[Collected data]
=====
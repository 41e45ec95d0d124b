// SHA-256 (FIPS 180-4): schedule, rounds, compression of a block and of the blocks of a list.
#![tactic(auto)]

ghost use Rattle.std.specs.Prelude.{◌≡◌, ◌+◌, ◌≤◌, ◌<◌};
ghost use Rattle.sha256_words.specs.Words.{k_table};
ghost use Rattle.sha256.specs.Sha256 as spec;
ghost use Rattle.sha256.specs.Private as form;

use sha256_words::constants::table;
use sha256_words::{bsig0, bsig1, ch, maj, ssig0, ssig1, words};

// The terms T1 and T2 of a round.
#[tactic(auto, unfolding(crate::specs::Sha256::t1, sha256_words::specs::Words::add32))]
fn t1(e: u32, f: u32, g: u32, h: u32, k: u32, w: u32) -> u32
    ensures { result ≡ spec.t1 e f g h k w }
{
    h.wrapping_add(bsig1(e))
        .wrapping_add(ch(e, f, g))
        .wrapping_add(k)
        .wrapping_add(w)
}

#[tactic(auto, unfolding(crate::specs::Sha256::t2, sha256_words::specs::Words::add32))]
fn t2(a: u32, b: u32, c: u32) -> u32
    ensures { result ≡ spec.t2 a b c }
{
    bsig0(a).wrapping_add(maj(a, b, c))
}

// The next word of the schedule.
#[tactic(auto, unfolding(crate::specs::Private::mixed, sha256_words::specs::Words::add32))]
pub fn mixed(a: u32, b: u32, c: u32, d: u32) -> u32
    ensures { result ≡ form.mixed a b c d }
{
    ssig1(a)
        .wrapping_add(b)
        .wrapping_add(ssig0(c))
        .wrapping_add(d)
}

// The window of sixteen words as a ring: word i made the word sixteen on.
#[tactic(auto, unfolding(crate::specs::Private::slid))]
fn slide(w: &mut [u32; 16], i: usize)
    requires { i < 16 }
    ensures { w.new ≡ form.slid w.old i }
{
    w[i] = mixed(w[(i + 14) % 16], w[(i + 9) % 16], w[(i + 1) % 16], w[i]);
}

// The window, sixteen words on, in a straight line: a loop takes a twelfth more instructions for a block.
#[tactic(auto, unfolding(crate::specs::Private::slides))]
fn slides(w: &mut [u32; 16])
    ensures { w.new ≡ form.slides 16 w.old }
{
    slide(w, 0);
    slide(w, 1);
    slide(w, 2);
    slide(w, 3);
    slide(w, 4);
    slide(w, 5);
    slide(w, 6);
    slide(w, 7);
    slide(w, 8);
    slide(w, 9);
    slide(w, 10);
    slide(w, 11);
    slide(w, 12);
    slide(w, 13);
    slide(w, 14);
    slide(w, 15);
}

// One round, with the constant k and the word w.
#[tactic(auto, unfolding(crate::specs::Sha256::round, crate::specs::Sha256::turned, sha256_words::specs::Words::add32))]
pub fn round(v: [u32; 8], k: u32, w: u32) -> [u32; 8]
    ensures { result ≡ spec.round v k w }
{
    let [a, b, c, d, e, f, g, h] = v;
    let x = t1(e, f, g, h, k, w);
    let y = t2(a, b, c);
    [x.wrapping_add(y), a, b, c, d.wrapping_add(x), e, f, g]
}

// The working variables v added to the hash value h.
#[tactic(auto, using(crate::proofs::Loops::summed_of), unfolding(sha256_words::specs::Words::add32))]
pub fn summed(h: [u32; 8], v: [u32; 8]) -> [u32; 8]
    ensures { result ≡ spec.summed h v }
{
    let mut r = h;
    for (i, word) in r.iter_mut().enumerate() {
        *word = word.wrapping_add(v[i]);
    }
    r
}

// Sixteen rounds, from round t on, in a straight line: a loop takes a sixth more instructions for a block.
#[tactic(auto, unfolding(crate::specs::Private::rounds_on))]
fn rounds(v: [u32; 8], w: &[u32; 16], k: &[u32; 64], t: usize) -> [u32; 8]
    requires { t + 16 ≤ 64 }
    ensures { result ≡ form.rounds_on v w.now k.now t 16 }
{
    let v = round(v, k[t], w[0]);
    let v = round(v, k[t + 1], w[1]);
    let v = round(v, k[t + 2], w[2]);
    let v = round(v, k[t + 3], w[3]);
    let v = round(v, k[t + 4], w[4]);
    let v = round(v, k[t + 5], w[5]);
    let v = round(v, k[t + 6], w[6]);
    let v = round(v, k[t + 7], w[7]);
    let v = round(v, k[t + 8], w[8]);
    let v = round(v, k[t + 9], w[9]);
    let v = round(v, k[t + 10], w[10]);
    let v = round(v, k[t + 11], w[11]);
    let v = round(v, k[t + 12], w[12]);
    let v = round(v, k[t + 13], w[13]);
    let v = round(v, k[t + 14], w[14]);
    round(v, k[t + 15], w[15])
}

// The hash value after h, by the block whose words are m. The table of constants, k, is lent, so that it is made once
// for many blocks. `rounds` and `slides` are called in one place each, so that the compiler puts them there.
pub fn compress_with(h: [u32; 8], mut m: [u32; 16], k: &[u32; 64]) -> [u32; 8]
    requires { k.now ≡ k_table }
    ensures { result ≡ spec.compress h m }
{
    let mut v = h;
    for turn in 0..4 {
        let next = rounds(v, &m, k, 16 * turn);
        v = next;
        if turn < 3 {
            slides(&mut m);
        }
    }
    summed(h, v)
}

// The same, with a table of its own.
pub fn compress(h: [u32; 8], m: [u32; 16]) -> [u32; 8]
    ensures { result ≡ spec.compress h m }
{
    compress_with(h, m, &table())
}

// The hash value after h, by the whole blocks of s, one after the other.
#[tactic(auto, using(crate::proofs::Laws::blocks_cons, crate::proofs::Laws::blocks_short))]
pub fn blocks(h: [u32; 8], s: &[u8]) -> [u32; 8]
    ensures { result ≡ spec.blocks h s.now }
{
    let k = table();
    let mut v = h;
    for block in s.chunks_exact(64) {
        let next = compress_with(v, words(block), &k);
        v = next;
    }
    v
}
=====
▸ **How to complete this task**: All the data above is to be given again, exactly.

▸ **Reply to the exercise**:
repository 41e45ec95d0d124b
// SHA-256 (FIPS 180-4): schedule, rounds, compression of a block and of the blocks of a list.
#![tactic(auto)]

ghost use Rattle.std.specs.Prelude.{◌≡◌, ◌+◌, ◌≤◌, ◌<◌};
ghost use Rattle.sha256_words.specs.Words.{k_table};
ghost use Rattle.sha256.specs.Sha256 as spec;
ghost use Rattle.sha256.specs.Private as form;

use sha256_words::constants::table;
use sha256_words::{bsig0, bsig1, ch, maj, ssig0, ssig1, words};

// The terms T1 and T2 of a round.
#[tactic(auto, unfolding(crate::specs::Sha256::t1, sha256_words::specs::Words::add32))]
fn t1(e: u32, f: u32, g: u32, h: u32, k: u32, w: u32) -> u32
    ensures { result ≡ spec.t1 e f g h k w }
{
    h.wrapping_add(bsig1(e))
        .wrapping_add(ch(e, f, g))
        .wrapping_add(k)
        .wrapping_add(w)
}

#[tactic(auto, unfolding(crate::specs::Sha256::t2, sha256_words::specs::Words::add32))]
fn t2(a: u32, b: u32, c: u32) -> u32
    ensures { result ≡ spec.t2 a b c }
{
    bsig0(a).wrapping_add(maj(a, b, c))
}

// The next word of the schedule.
#[tactic(auto, unfolding(crate::specs::Private::mixed, sha256_words::specs::Words::add32))]
pub fn mixed(a: u32, b: u32, c: u32, d: u32) -> u32
    ensures { result ≡ form.mixed a b c d }
{
    ssig1(a)
        .wrapping_add(b)
        .wrapping_add(ssig0(c))
        .wrapping_add(d)
}

// The window of sixteen words as a ring: word i made the word sixteen on.
#[tactic(auto, unfolding(crate::specs::Private::slid))]
fn slide(w: &mut [u32; 16], i: usize)
    requires { i < 16 }
    ensures { w.new ≡ form.slid w.old i }
{
    w[i] = mixed(w[(i + 14) % 16], w[(i + 9) % 16], w[(i + 1) % 16], w[i]);
}

// The window, sixteen words on, in a straight line: a loop takes a twelfth more instructions for a block.
#[tactic(auto, unfolding(crate::specs::Private::slides))]
fn slides(w: &mut [u32; 16])
    ensures { w.new ≡ form.slides 16 w.old }
{
    slide(w, 0);
    slide(w, 1);
    slide(w, 2);
    slide(w, 3);
    slide(w, 4);
    slide(w, 5);
    slide(w, 6);
    slide(w, 7);
    slide(w, 8);
    slide(w, 9);
    slide(w, 10);
    slide(w, 11);
    slide(w, 12);
    slide(w, 13);
    slide(w, 14);
    slide(w, 15);
}

// One round, with the constant k and the word w.
#[tactic(auto, unfolding(crate::specs::Sha256::round, crate::specs::Sha256::turned, sha256_words::specs::Words::add32))]
pub fn round(v: [u32; 8], k: u32, w: u32) -> [u32; 8]
    ensures { result ≡ spec.round v k w }
{
    let [a, b, c, d, e, f, g, h] = v;
    let x = t1(e, f, g, h, k, w);
    let y = t2(a, b, c);
    [x.wrapping_add(y), a, b, c, d.wrapping_add(x), e, f, g]
}

// The working variables v added to the hash value h.
#[tactic(auto, using(crate::proofs::Loops::summed_of), unfolding(sha256_words::specs::Words::add32))]
pub fn summed(h: [u32; 8], v: [u32; 8]) -> [u32; 8]
    ensures { result ≡ spec.summed h v }
{
    let mut r = h;
    for (i, word) in r.iter_mut().enumerate() {
        *word = word.wrapping_add(v[i]);
    }
    r
}

// Sixteen rounds, from round t on, in a straight line: a loop takes a sixth more instructions for a block.
#[tactic(auto, unfolding(crate::specs::Private::rounds_on))]
fn rounds(v: [u32; 8], w: &[u32; 16], k: &[u32; 64], t: usize) -> [u32; 8]
    requires { t + 16 ≤ 64 }
    ensures { result ≡ form.rounds_on v w.now k.now t 16 }
{
    let v = round(v, k[t], w[0]);
    let v = round(v, k[t + 1], w[1]);
    let v = round(v, k[t + 2], w[2]);
    let v = round(v, k[t + 3], w[3]);
    let v = round(v, k[t + 4], w[4]);
    let v = round(v, k[t + 5], w[5]);
    let v = round(v, k[t + 6], w[6]);
    let v = round(v, k[t + 7], w[7]);
    let v = round(v, k[t + 8], w[8]);
    let v = round(v, k[t + 9], w[9]);
    let v = round(v, k[t + 10], w[10]);
    let v = round(v, k[t + 11], w[11]);
    let v = round(v, k[t + 12], w[12]);
    let v = round(v, k[t + 13], w[13]);
    let v = round(v, k[t + 14], w[14]);
    round(v, k[t + 15], w[15])
}

// The hash value after h, by the block whose words are m. The table of constants, k, is lent, so that it is made once
// for many blocks. `rounds` and `slides` are called in one place each, so that the compiler puts them there.
pub fn compress_with(h: [u32; 8], mut m: [u32; 16], k: &[u32; 64]) -> [u32; 8]
    requires { k.now ≡ k_table }
    ensures { result ≡ spec.compress h m }
{
    let mut v = h;
    for turn in 0..4 {
        let next = rounds(v, &m, k, 16 * turn);
        v = next;
        if turn < 3 {
            slides(&mut m);
        }
    }
    summed(h, v)
}

// The same, with a table of its own.
pub fn compress(h: [u32; 8], m: [u32; 16]) -> [u32; 8]
    ensures { result ≡ spec.compress h m }
{
    compress_with(h, m, &table())
}

// The hash value after h, by the whole blocks of s, one after the other.
#[tactic(auto, using(crate::proofs::Laws::blocks_cons, crate::proofs::Laws::blocks_short))]
pub fn blocks(h: [u32; 8], s: &[u8]) -> [u32; 8]
    ensures { result ≡ spec.blocks h s.now }
{
    let k = table();
    let mut v = h;
    for block in s.chunks_exact(64) {
        let next = compress_with(v, words(block), &k);
        v = next;
    }
    v
}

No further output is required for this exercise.